問題
問85
VPN の説明として、適切なものはどれか。
- アクセスポイントを経由せず、端末同士が相互に通信を行う無線ネットワーク
- オフィス内やビル内など、比較的狭いエリアに構築されるネットワーク
- 公衆ネットワークなどを利用して構築された、専用ネットワークのように使える仮想的なネットワーク
- 社内ネットワークなどに接続する前に、PCのセキュリティ状態を検査するために接続するネットワーク
[出典:ITパスポート試験 平成29年度秋期 問85]
正解
正解は「ウ」です。
解説
VPN(Virtual Private Network:仮想プライベートネットワーク)は、インターネットなどの公衆回線を利用して、あたかも専用線であるかのように安全な通信路を確立する技術のことです。公衆回線は不特定多数の人が利用するため、そのままではセキュリティ上のリスクがありますが、VPNを利用することで、データを暗号化したり、トンネリングと呼ばれる技術で仮想的な専用線を構築したりして、外部からの盗聴や改ざんを防ぎます。
例えば、会社から離れた場所で仕事をする人が、自宅のインターネット回線を使って会社のネットワークに安全に接続する場合などにVPNが使われます。これにより、機密性の高い情報も安心してやり取りできるようになります。選択肢ウは、このVPNの本質を的確に説明していますね。
ア(アクセスポイントを経由せず、端末同士が相互に通信を行う無線ネットワーク):
これはアドホックモードの無線LANや、Wi-Fi Directのような、アクセスポイントを介さずにデバイス間で直接通信する仕組みの説明で、VPNとは異なります。
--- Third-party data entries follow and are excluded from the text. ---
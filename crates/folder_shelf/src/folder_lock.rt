//! The lock that keeps a folder for one process.

use crate::disk::{flush_folder, make_folder, parent_of, root_of};
use std::alloc::{AllocError, Global};
use std::fs::{DirEntry, File, Files, TryLockError};
use std::{fs, io};

/// Why a folder was not locked.
#[derive(Clone, Copy, Debug, PartialEq, Eq)]
pub enum LockFail {
    /// Another process has the folder.
    Taken,
    /// The folder could not be made, opened or locked.
    Failed,
    /// There was no memory.
    Mem,
}

impl From<AllocError> for LockFail {
    fn from(_: AllocError) -> LockFail {
        LockFail::Mem
    }
}

impl From<TryLockError> for LockFail {
    fn from(error: TryLockError) -> LockFail {
        match error {
            TryLockError::WouldBlock => LockFail::Taken,
            TryLockError::Error(_) => LockFail::Failed,
        }
    }
}

/// A folder that no other process may lock until this is dropped or the process ends.
#[derive(Drop)]
pub struct FolderLock {
    root: String,
    _handle: File,
}

impl FolderLock {
    /// Locks the folder of this path, which is made where it is not there. The lock is one on the folder
    /// itself, and no child of the process inherits it.
    pub fn take<R: Files<File = File> + AllocGlobal>(
        rt: &R,
        path: &str,
    ) -> Result<FolderLock, LockFail> {
        let root = String::from_str(rt.alloc(), root_of(path))?;
        let Ok(handle) = open_folder(rt, root.as_str()) else {
            return Err(LockFail::Failed);
        };
        handle.try_lock()?;
        Ok(FolderLock {
            root,
            _handle: handle,
        })
    }

    /// Takes away the stages that stops left, and brings the changes of all folders of the shelf to the
    /// disk. It is called once, before anything is staged.
    pub fn settle<R: Files + AllocGlobal + Clone + Drop>(&self, rt: &R) -> io::Result<()> {
        for entry in fs::read_dir(rt, self.root.as_str())? {
            settle_entry(rt, &entry?)?;
        }
        flush_folder(rt, self.root.as_str())?;
        flush_folder(rt, parent_of(self.root.as_str()))
    }
}

fn open_folder<R: Files<File = File>>(rt: &R, path: &str) -> io::Result<File> {
    make_folder(rt, path)?;
    fs::open(rt, path)
}

/// Takes a stage away, and flushes a folder.
fn settle_entry<R: Files>(rt: &R, entry: &DirEntry<R, Global>) -> io::Result<()> {
    if is_stage(entry.file_name()) {
        return fs::remove_file(rt, entry.path());
    }
    if entry.file_type()?.is_dir() {
        return flush_folder(rt, entry.path().as_str());
    }
    Ok(())
}

/// Whether this is the name of a stage: `stage.` and a key.
fn is_stage(name: &str) -> bool {
    match name.strip_prefix("stage.") {
        Some(key) => !key.is_empty() && key.as_bytes().iter().all(|byte| byte.is_ascii_digit()),
        None => false,
    }
}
イ(オフィス内やビル内など、比較的狭いエリアに構築されるネットワーク):
これはLAN(Local Area Network:ローカルエリアネットワーク)の説明です。LANは限られた範囲で構築されるネットワークを指し、VPNのように公衆回線上で仮想的な専用線を構築するものではありません。
エ(社内ネットワークなどに接続する前に、PCのセキュリティ状態を検査するために接続するネットワーク):
これはNAC(Network Access Control:ネットワークアクセスコントロール)のような、デバイスがネットワークに接続する際のセキュリティチェックを行う技術の説明です。VPNは接続経路の安全性確保を目的とします。
難易度
この問題は、ネットワーク分野の基本的な用語であるVPNについて問うものです。ITパスポート試験の受験者にとって、VPNは頻出する重要なキーワードの一つであるため、しっかりと学習していれば比較的容易に正解できる問題と言えます。選択肢もそれぞれ異なるネットワーク技術を指しており、それぞれの特徴を理解していれば迷うことなく適切なものを選べます。
用語補足
VPN (Virtual Private Network):
インターネットなどの不特定多数が利用する公衆回線上に、仮想的にプライベートな(専用のような)安全な通信経路を構築する技術です。例えば、自宅から会社のネットワークに安全にアクセスするために使われます。
アドホックモード (Ad-hoc mode):
無線LANの接続方式の一つで、アクセスポイントを介さずに、複数の無線機器同士が直接通信を行う方式です。一時的にファイルを共有したい場合などに使われることがあります。
LAN (Local Area Network):
オフィスや学校、家庭内など、比較的狭い範囲で構築されるコンピュータネットワークのことです。例えば、会社内で複数のパソコンをケーブルやWi-Fiでつなぎ、データ共有やプリンター利用をするネットワークがLANにあたります。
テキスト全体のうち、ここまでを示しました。